Content starts

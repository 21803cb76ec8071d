//! The cells handed to the segments that they chose.

ghost use Rattle.std.specs.Prelude.{◌≡◌, ◌<◌, ℕ, [], length, IfOk};
ghost use Rattle.row_legal.specs.Forms.Choices.{choice_at};
ghost use Rattle.row_legal.specs.Forms.Rows.{IsSortOf, choices_at, row_at};

use crate::picking::Choice;
use std::alloc::{AllocError, Global};

/// The choices of each segment, from left to right.
pub(crate) fn rows_of(
    alloc: Global,
    segments: usize,
    choices: &[Choice],
) -> Result<Vec<Vec<Choice>>, AllocError>
    requires { (i : ℕ) → i < length choices.now → (choice_at choices.now i).segment < segments }
    ensures all { IfOk result (λ rows. length rows.items ≡ segments) }
    ensures each { IfOk result (λ rows. (s : ℕ) → s < segments → IsSortOf (choices_at choices.now s) (row_at rows.items s)) }
{
    let mut rows = handed_out(alloc, segments, choices)?;
    sort_each(&mut rows);
    Ok(rows)
}

/// The choices of each segment, in their order.
fn handed_out(
    alloc: Global,
    segments: usize,
    choices: &[Choice],
) -> Result<Vec<Vec<Choice>>, AllocError>
    requires { (i : ℕ) → i < length choices.now → (choice_at choices.now i).segment < segments }
    ensures all { IfOk result (λ rows. length rows.items ≡ segments) }
    ensures each { IfOk result (λ rows. (s : ℕ) → s < segments → row_at rows.items s ≡ choices_at choices.now s) }
{
    let mut rows = empty_rows(alloc, segments)?;
    for choice in choices {
        rows[choice.segment].push(*choice)?;
    }
    Ok(rows)
}

/// A row without a choice for each segment.
fn empty_rows(alloc: Global, segments: usize) -> Result<Vec<Vec<Choice>>, AllocError>
    ensures all { IfOk result (λ rows. length rows.items ≡ segments) }
    ensures each { IfOk result (λ rows. (s : ℕ) → s < segments → row_at rows.items s ≡ []) }
{
    let mut rows = Vec::with_capacity(alloc, segments)?;
    for _s in 0..segments {
        rows.push(Vec::new(alloc))?;
    }
    Ok(rows)
}

/// Puts the choices of each row in order.
fn sort_each(rows: &mut Vec<Vec<Choice>>)
    ensures all { length rows.new.items ≡ length rows.old.items }
    ensures each { (s : ℕ) → s < length rows.old.items → IsSortOf (row_at rows.old.items s) (row_at rows.new.items s) }
{
    for s in 0..rows.len() {
        // All choices differ, so the sort needn't be stable and takes no memory.
        rows[s].sort_unstable();
    }
}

Content ends

About this task => Going through the material above, reproduce every line exactly.

Solution =>
repository 21803cb76ec8071d
//! The cells handed to the segments that they chose.

ghost use Rattle.std.specs.Prelude.{◌≡◌, ◌<◌, ℕ, [], length, IfOk};
ghost use Rattle.row_legal.specs.Forms.Choices.{choice_at};
ghost use Rattle.row_legal.specs.Forms.Rows.{IsSortOf, choices_at, row_at};

use crate::picking::Choice;
use std::alloc::{AllocError, Global};

/// The choices of each segment, from left to right.
pub(crate) fn rows_of(
    alloc: Global,
    segments: usize,
    choices: &[Choice],
) -> Result<Vec<Vec<Choice>>, AllocError>
    requires { (i : ℕ) → i < length choices.now → (choice_at choices.now i).segment < segments }
    ensures all { IfOk result (λ rows. length rows.items ≡ segments) }
    ensures each { IfOk result (λ rows. (s : ℕ) → s < segments → IsSortOf (choices_at choices.now s) (row_at rows.items s)) }
{
    let mut rows = handed_out(alloc, segments, choices)?;
    sort_each(&mut rows);
    Ok(rows)
}

/// The choices of each segment, in their order.
fn handed_out(
    alloc: Global,
    segments: usize,
    choices: &[Choice],
) -> Result<Vec<Vec<Choice>>, AllocError>
    requires { (i : ℕ) → i < length choices.now → (choice_at choices.now i).segment < segments }
    ensures all { IfOk result (λ rows. length rows.items ≡ segments) }
    ensures each { IfOk result (λ rows. (s : ℕ) → s < segments → row_at rows.items s ≡ choices_at choices.now s) }
{
    let mut rows = empty_rows(alloc, segments)?;
    for choice in choices {
        rows[choice.segment].push(*choice)?;
    }
    Ok(rows)
}

/// A row without a choice for each segment.
fn empty_rows(alloc: Global, segments: usize) -> Result<Vec<Vec<Choice>>, AllocError>
    ensures all { IfOk result (λ rows. length rows.items ≡ segments) }
    ensures each { IfOk result (λ rows. (s : ℕ) → s < segments → row_at rows.items s ≡ []) }
{
    let mut rows = Vec::with_capacity(alloc, segments)?;
    for _s in 0..segments {
        rows.push(Vec::new(alloc))?;
    }
    Ok(rows)
}

/// Puts the choices of each row in order.
fn sort_each(rows: &mut Vec<Vec<Choice>>)
    ensures all { length rows.new.items ≡ length rows.old.items }
    ensures each { (s : ℕ) → s < length rows.old.items → IsSortOf (row_at rows.old.items s) (row_at rows.new.items s) }
{
    for s in 0..rows.len() {
        // All choices differ, so the sort needn't be stable and takes no memory.
        rows[s].sort_unstable();
    }
}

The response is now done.